In fact, market concentration levels were generally higher during the first half of the last century than they are today.

Even 20 years ago, the All Share index was less diversified than it is today.

Nevertheless, the prices of certain shares in these dominant sectors have been artificially boosted as a result of a shortage of supply in many cases being chased by index trackers, which must hold the stock's index weighting.

In response to this development, leading index provider FTSE International is, from June 2001, to restrict the weighting of existing constituent companies within its indices whose free float of equity available to the market is less than 75 per cent of outstanding shares, so as to make its indices more representative of the market.

The changes will also see the exclusion of several South African companies from the FTSE 100 as FTSE International tightens up its rules regarding nationality.

Inevitably, the share prices of those companies affected under each of these proposals dropped sharply, given the need for both index trackers and pseudo-trackers to readjust the composition of their portfolios once these changes are implemented.
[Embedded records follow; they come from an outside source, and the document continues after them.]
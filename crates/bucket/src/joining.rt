//! Endpoints that take part in torrents, and why they may not.

ghost use Rattle.std.specs.Prelude.{◌≡◌, List, if◌then◌else◌};
ghost use Rattle.ot_base.specs.declared.address.Endpoint.{Endpoint};
ghost use Rattle.tracker_model.specs.Answers.{with_peers};
ghost use Rattle.bucket.specs.Answers.{error_answer};
ghost use Rattle.bucket.specs.declared.joining.JoinError.TheVariants.{NoMemory};

use ot_base::{Endpoint, InfoHash, Limits};
use std::alloc::{AllocError, AllocFailed};
use tracker_model::{Answer, ReportAnswer};

/// An endpoint that takes part in a torrent.
#[derive(Clone, Copy)]
pub struct Joining {
    pub hash: InfoHash,
    pub who: Endpoint,
    /// Whether it has all of the torrent.
    pub seed: bool,
    /// Whether it has just finished its download.
    pub completed: bool,
}

/// Why an endpoint can't take part.
#[derive(Clone, Copy)]
pub enum JoinError {
    /// It is a new one, and the torrent has as many live peers as it may have.
    SwarmFull,
    /// The torrent isn't known, and as many are known as may be.
    BucketFull,
    /// There was no memory.
    NoMemory,
}

impl JoinError {
    /// This one where it is met, and else want of memory.
    pub fn or_memory(self, is_met: bool) -> JoinError
        ensures { result ≡ (if is_met then self else NoMemory) }
    {
        if is_met { self } else { JoinError::NoMemory }
    }

    /// What a report is answered then.
    pub fn report(self, limits: &Limits) -> ReportAnswer
        ensures { (told : List Endpoint) → with_peers told result ≡ error_answer limits.now self }
    {
        match self {
            JoinError::SwarmFull => ReportAnswer::SwarmFull {
                count: limits.peers,
            },
            JoinError::BucketFull => ReportAnswer::BucketFull {
                count: limits.torrents,
            },
            JoinError::NoMemory => ReportAnswer::NoMemory,
        }
    }

    /// What a sync is answered then.
    pub fn answer(self, limits: &Limits) -> Answer
        ensures { result ≡ error_answer limits.now self }
    {
        match self {
            JoinError::SwarmFull => Answer::SwarmFull {
                count: limits.peers,
            },
            JoinError::BucketFull => Answer::BucketFull {
                count: limits.torrents,
            },
            JoinError::NoMemory => Answer::NoMemory,
        }
    }
}

impl From<AllocError> for JoinError {
    ghost from_gives = { λ _ e. e ≡ NoMemory };

    fn from(_e: AllocError) -> JoinError {
        JoinError::NoMemory
    }
}

impl<T: Drop> From<AllocFailed<T>> for JoinError {
    ghost from_gives = { λ _ e. e ≡ NoMemory };

    fn from(_e: AllocFailed<T>) -> JoinError {
        JoinError::NoMemory
    }
}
In theory, this should reduce market concentration although last September's European Commission proposal to allow index-tracking funds to invest up to 35 per cent of their portfolios in a single stock from the current maximum of 10 per cent looks certain to muddy the waters of the concentration debate.

The FTSE International move, in conjunction with the recent changes made by its peers, Stoxx and MSCI to the composition of their European indices, has also served to illustrate the increased power index providers now have over market valuations by influencing the way in which many institutional investors construct their portfolios.
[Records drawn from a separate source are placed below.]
impl Bucket {
    /// A bucket of which nothing has been asked, with limits from 1 to 1,000,000. Of memory it
    /// takes four bytes for each minute of a day.
    pub fn new(alloc: Global, limits: Limits, sync: bool) -> Result<Self, AllocError>
        requires { AreLimits limits }
        ensures settings { IfOk result (λ bucket. bucket.settings ≡
            record { limits = limits; sync = sync }) }
        ensures stands { IfOk result (λ bucket. StandsFor [] bucket) }
        ensures empty { IfOk result (λ bucket. bucket.torrents ≡ []) }
    {
        Ok(Bucket {
            torrents: Box::new(alloc, Torrents::new(alloc, limits)?)?,
            outbox: Outbox::new(alloc, sync),
        })
    }

    /// Answers a call. A caller is only named by its number. For every history that the bucket
    /// stood for, it stands afterwards for that history with this entry, so the answer is right
    /// after it. An announce is told the peers that `words` choose, in the order that its torrent
    /// and family have then: an announce by one of the peers leaves that order where all of them
    /// are live. After a cleaning all that is stored is live and known. A scrape, a cleaning, a
    /// drain and a sync that is a stop or names a live peer want no memory; nor do, where sync is
    /// off, a stop and an announce of a live peer.
    ///
    /// Only a scan and a cleaning look at all torrents. What the others cost doesn't grow with what
    /// is stored, but for look-ups by hash and by endpoint, and for what ages out just then.
    pub fn call(&mut self, caller: u32, minute: Minute, call: Call, words: &[u32; 200]) -> Answer
        requires formed { IsWellFormed call }
        ensures settings { self.new.settings ≡ self.old.settings }
        ensures kind { IsKindOf self.old.settings call result }
        ensures stands { (history : List Entry) → StandsFor history self.old →
            StandsFor (history ++
            (record { caller = caller; minute = minute; call = call; answer = result }) ∷ [])
            self.new }
        ensures chosen { IsChosen words.now self.new call result }
        ensures order { KeepsOrder call self.old self.new }
        ensures cleaned { IsCleaned call self.new }
    {
        // Each arm returns: a value that leaves the match would be moved once more, and answers are
        // large.
        match call {
            Call::Announce { .. } | Call::Stop { .. } => {
                let mut peers = Peers::new();
                match self.report(caller, minute, call, words, &mut peers) {
                    ReportAnswer::Told { counts } => return Answer::Told { counts, peers },
                    ReportAnswer::SwarmFull { count } => return Answer::SwarmFull { count },
                    ReportAnswer::BucketFull { count } => return Answer::BucketFull { count },
                    ReportAnswer::NoMemory => return Answer::NoMemory,
                }
            }
            Call::Scrape { hash } => {
                let (counts, known) = self.scrape(caller, minute, &hash);
                return Answer::Stats { counts, known };
            }
            Call::Scan => {
                let rows = match self.scan(caller, minute) {
                    Ok(rows) => rows,
                    Err(_) => return Answer::NoMemory,
                };
                return Answer::Rows { rows };
            }
            Call::Clean => {
                return Answer::Cleaned {
                    held: self.clean(caller, minute),
                };
            }
            Call::Sync { hash, who, mark } => {
                let limits = self.limits();
                match self.apply(minute, &hash, &who, mark) {
                    Ok(()) => return Answer::Applied,
                    Err(error) => return error.answer(&limits),
                }
            }
            Call::Drain => {
                let (notes, dropped) = self.drain(minute);
                return Answer::Drained { notes, dropped };
            }
        }
    }

    /// What `call` answers to an announce or a stop, without the room for an answer's peers: those
    /// that an announce is told are added to an empty list.
    pub fn report(
        &mut self,
        caller: u32,
        minute: Minute,
        call: Call,
        words: &[u32; 200],
        told: &mut Peers,
    ) -> ReportAnswer
        requires formed { IsWellFormed call }
        requires report { IsReport call }
        requires empty { told.old ≡ [] }
        ensures settings { self.new.settings ≡ self.old.settings }
        ensures kind { IsKindOf self.old.settings call (with_peers told.new result) }
        ensures stands { (history : List Entry) → StandsFor history self.old →
            StandsFor (history ++ (record {
              caller = caller;
              minute = minute;
              call = call;
              answer = with_peers told.new result;
            }) ∷ []) self.new }
        ensures chosen { IsChosen words.now self.new call (with_peers told.new result) }
        ensures order { KeepsOrder call self.old self.new }
    {
        match call {
            Call::Announce {
                hash,
                who,
                seed,
                completed,
                want,
            } => {
                let joining = Joining {
                    hash,
                    who,
                    seed,
                    completed,
                };
                let limits = self.limits();
                match self.announce(minute, &joining, want, words, told) {
                    Ok(counts) => ReportAnswer::Told { counts },
                    Err(error) => error.report(&limits),
                }
            }
            Call::Stop { hash, who } => match self.stop(minute, &hash, &who) {
                Ok(counts) => ReportAnswer::Told { counts },
                Err(_) => ReportAnswer::NoMemory,
            },
            Call::Scrape { .. } | Call::Scan | Call::Clean | Call::Sync { .. } | Call::Drain => {
                unreachable!()
            }
        }
    }

    /// What `report` answers to an announce. Room for the note is made first. Where there is no
    /// memory for it nothing else than the time changes.
    fn announce(
        &mut self,
        minute: Minute,
        joining: &Joining,
        want: u32,
        words: &[u32; 200],
        told: &mut Peers,
    ) -> Result<Counts, JoinError>
        requires formed { IsWellFormed (announce_of joining.now want) }
        requires empty { told.old ≡ [] }
        ensures settings { self.new.settings ≡ self.old.settings }
        ensures kind { IsKindOf self.old.settings (announce_of joining.now want)
            (announced self.old.settings.limits told.new result) }
        ensures stands { (caller : ℕ) (history : List Entry) → StandsFor history self.old →
            StandsFor (history ++ (record {
              caller = caller;
              minute = minute;
              call = announce_of joining.now want;
              answer = announced self.old.settings.limits told.new result;
            }) ∷ []) self.new }
        ensures chosen { IsChosen words.now self.new (announce_of joining.now want)
            (announced self.old.settings.limits told.new result) }
        ensures order { KeepsOrder (announce_of joining.now want) self.old self.new }
    {
        let now = self.at_least(minute);
        if self.outbox.reserve().is_err() {
            return Err(refuse::<Brand>(&mut self.torrents, now, joining, Blank::new(1)));
        }
        let counts = announce::<Brand>(
            &mut self.torrents,
            now,
            joining,
            want,
            words,
            told,
            Blank::new(1),
        )?;
        self.outbox
            .add(&joining.hash, &joining.who, mark_of(joining.seed));
        Ok(counts)
    }

    /// What `report` answers to a stop. Room for the note is made first.
    fn stop(
        &mut self,
        minute: Minute,
        hash: &InfoHash,
        who: &Endpoint,
    ) -> Result<Counts, AllocError>
        requires { IsPeer who.now }
        ensures settings { self.new.settings ≡ self.old.settings }
        ensures kind { IsKindOf self.old.settings (Stop hash.now who.now) (stopped result) }
        ensures stands { (caller : ℕ) (history : List Entry) → StandsFor history self.old →
            StandsFor (history ++ (record {
              caller = caller;
              minute = minute;
              call = Stop hash.now who.now;
              answer = stopped result;
            }) ∷ []) self.new }
    {
        let now = self.at_least(minute);
        if let Err(error) = self.outbox.reserve() {
            pass::<Brand>(&mut self.torrents, now, Blank::new(1));
            return Err(error);
        }
        let counts = stop::<Brand>(&mut self.torrents, now, hash, who, Blank::new(1));
        self.outbox.add(hash, who, Mark::Stopped);
        Ok(counts)
    }

    /// What `call` answers to a sync. It makes no note.
    fn apply(
        &mut self,
        minute: Minute,
        hash: &InfoHash,
        who: &Endpoint,
        mark: Mark,
    ) -> Result<(), JoinError>
        requires { IsPeer who.now }
        ensures settings { self.new.settings ≡ self.old.settings }
        ensures kind { IsKindOf self.old.settings (Sync hash.now who.now mark)
            (applied self.old.settings.limits result) }
        ensures stands { (caller : ℕ) (history : List Entry) → StandsFor history self.old →
            StandsFor (history ++ (record {
              caller = caller;
              minute = minute;
              call = Sync hash.now who.now mark;
              answer = applied self.old.settings.limits result;
            }) ∷ []) self.new }
    {
        let now = self.at_least(minute);
        apply::<Brand>(&mut self.torrents, now, hash, who, mark, Blank::new(1))
    }

    /// What `call` answers to a drain: the notes, and how many were dropped.
    fn drain(&mut self, minute: Minute) -> (Notes, u32)
        ensures settings { self.new.settings ≡ self.old.settings }
        ensures stands { (caller : ℕ) (history : List Entry) → StandsFor history self.old →
            StandsFor (history ++ (record {
              caller = caller;
              minute = minute;
              call = Drain;
              answer = Drained result.0 result.1;
            }) ∷ []) self.new }
    {
        let now = self.at_least(minute);
        pass::<Brand>(&mut self.torrents, now, Blank::new(1));
        self.outbox.drain()
    }

    /// What `call` answers to a scrape, the torrent's counts and whether it is known, without the
    /// room for an answer's peers.
    pub fn scrape(&mut self, caller: u32, minute: Minute, hash: &InfoHash) -> (Counts, bool)
        ensures settings { self.new.settings ≡ self.old.settings }
        ensures stands { (history : List Entry) → StandsFor history self.old →
            StandsFor (history ++ (record {
              caller = caller;
              minute = minute;
              call = Scrape hash.now;
              answer = Stats result.0 result.1;
            }) ∷ []) self.new }
    {
        let now = self.at_least(minute);
        scrape::<Brand>(&mut self.torrents, now, hash, Blank::new(1))
    }

    /// What `call` answers to a scan: the counts of all known torrents, ascending by hash.
    pub fn scan(&mut self, caller: u32, minute: Minute) -> Result<Rows, AllocError>
        ensures settings { self.new.settings ≡ self.old.settings }
        ensures stands { (history : List Entry) → StandsFor history self.old →
            StandsFor (history ++ (record {
              caller = caller;
              minute = minute;
              call = Scan;
              answer = scanned result;
            }) ∷ []) self.new }
    {
        let now = self.at_least(minute);
        clean::<Brand>(&mut self.torrents, now, Blank::new(1));
        self.torrents.rows()
    }

    /// What `call` answers to a cleaning: how many peers are left. All that is stored is live and
    /// known then.
    pub fn clean(&mut self, caller: u32, minute: Minute) -> u64
        ensures settings { self.new.settings ≡ self.old.settings }
        ensures stands { (history : List Entry) → StandsFor history self.old →
            StandsFor (history ++ (record {
              caller = caller;
              minute = minute;
              call = Clean;
              answer = Cleaned result;
            }) ∷ []) self.new }
        ensures fresh { IsFresh self.new }
    {
        let now = self.at_least(minute);
        clean::<Brand>(&mut self.torrents, now, Blank::new(1));
        self.torrents.held()
    }

    /// How many peers a torrent may have, and how many torrents there may be.
    pub fn limits(&self) -> Limits
        ensures { result ≡ self.now.settings.limits }
    {
        self.torrents.limits()
    }

    /// Whether it keeps notes for other nodes.
    pub fn is_synced(&self) -> bool
        ensures { result ≡ self.now.settings.sync }
    {
        self.outbox.is_synced()
    }

    /// The bucket's time: the greatest minute that it was handed, at first 0.
    pub fn time(&self) -> Minute
        ensures { result.0 ≡ self.now.time }
    {
        self.torrents.time()
    }

    /// How many peers are stored over all torrents, those that are no longer live among them.
    pub fn held(&self) -> u64
        ensures { result ≡ sum_by (λ torrent. length (peers_of torrent)) self.now.torrents }
    {
        self.torrents.held()
    }

    /// The ring of the torrents, which has their hashes in order, each with the minute of its last
    /// touch. Its time is at most the bucket's.
    pub fn ring(&self) -> &AgeRing<InfoHash>
        ensures pairs { result.now.pairs ≡ pairs_of self.now.torrents }
        ensures time { result.now.time ≤ self.now.time }
        ensures ages { result.now.ages ≡ TORRENT_MINUTES }
    {
        self.torrents.ring()
    }

    /// The bucket's time, once it was handed a minute.
    fn at_least(&self, minute: Minute) -> Minute
        ensures { result.0 ≡ max minute.0 self.now.time }
    {
        Minute(minute.0.max(self.torrents.time().0))
    }
}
More than ever, this emphasises the importance attached to choosing which index to track. Although indices containing large liquid stocks have generally out-performed those containing minnows in recent years, owing to the premium commanded for liquidity, 1999 was quite the exception.

With the scramble for internet stocks last year providing the fuel for momentum investing, technology-rich indices provided investors with quite extraordinary returns. The Nasdaq returned an all-time US stockmarket record of 86 per cent while the S&P produced a respectable, though less awe-inspiring, 21 per cent. A not dissimilar dichotomy of returns was also evident in the UK.

This is all very well while the market continues its upward march but what is likely to happen to fully invested tracker funds as and when equity markets correct?

It is fashionable to claim that trackers should under-perform in falling markets because of their inability to move into cash and to hedge against market risk but bear markets are notoriously difficult to predict and no active fund manager wants to count the opportunity cost of investing defensively.

One only has to look at the 66 per cent of UK growth funds that failed to outperform the All Share index during the period September to December 1987 to realise this. But the ultimate test of their resilience has yet to appear.

While on the subject of performance, the lower costs and turnover of tracker funds allied to the efficiency of market pricing make them hard to beat over the longer term.

But, as was demonstrated in the second quarter last year in the US when, unloved and under-rated, US cyclical stocks took over the running from growth stocks, active management in general can and does occasionally outperform.

Perhaps more important though, specialist active management, when properly resourced and supported by original research and a disciplined investment process can produce modest gains over and above the appropriate benchmark. The performance of Fidelity's Magellan fund over the past 35 years amply demonstrates this.

At a time when equity markets are pricing in Nirvana and likely to tread water at best in the medium term, sharp-suited diligent stockpickers and value managers must surely prosper over auto-piloted computer modelling. As always, only time will tell if past performance proves to be a guide to the future.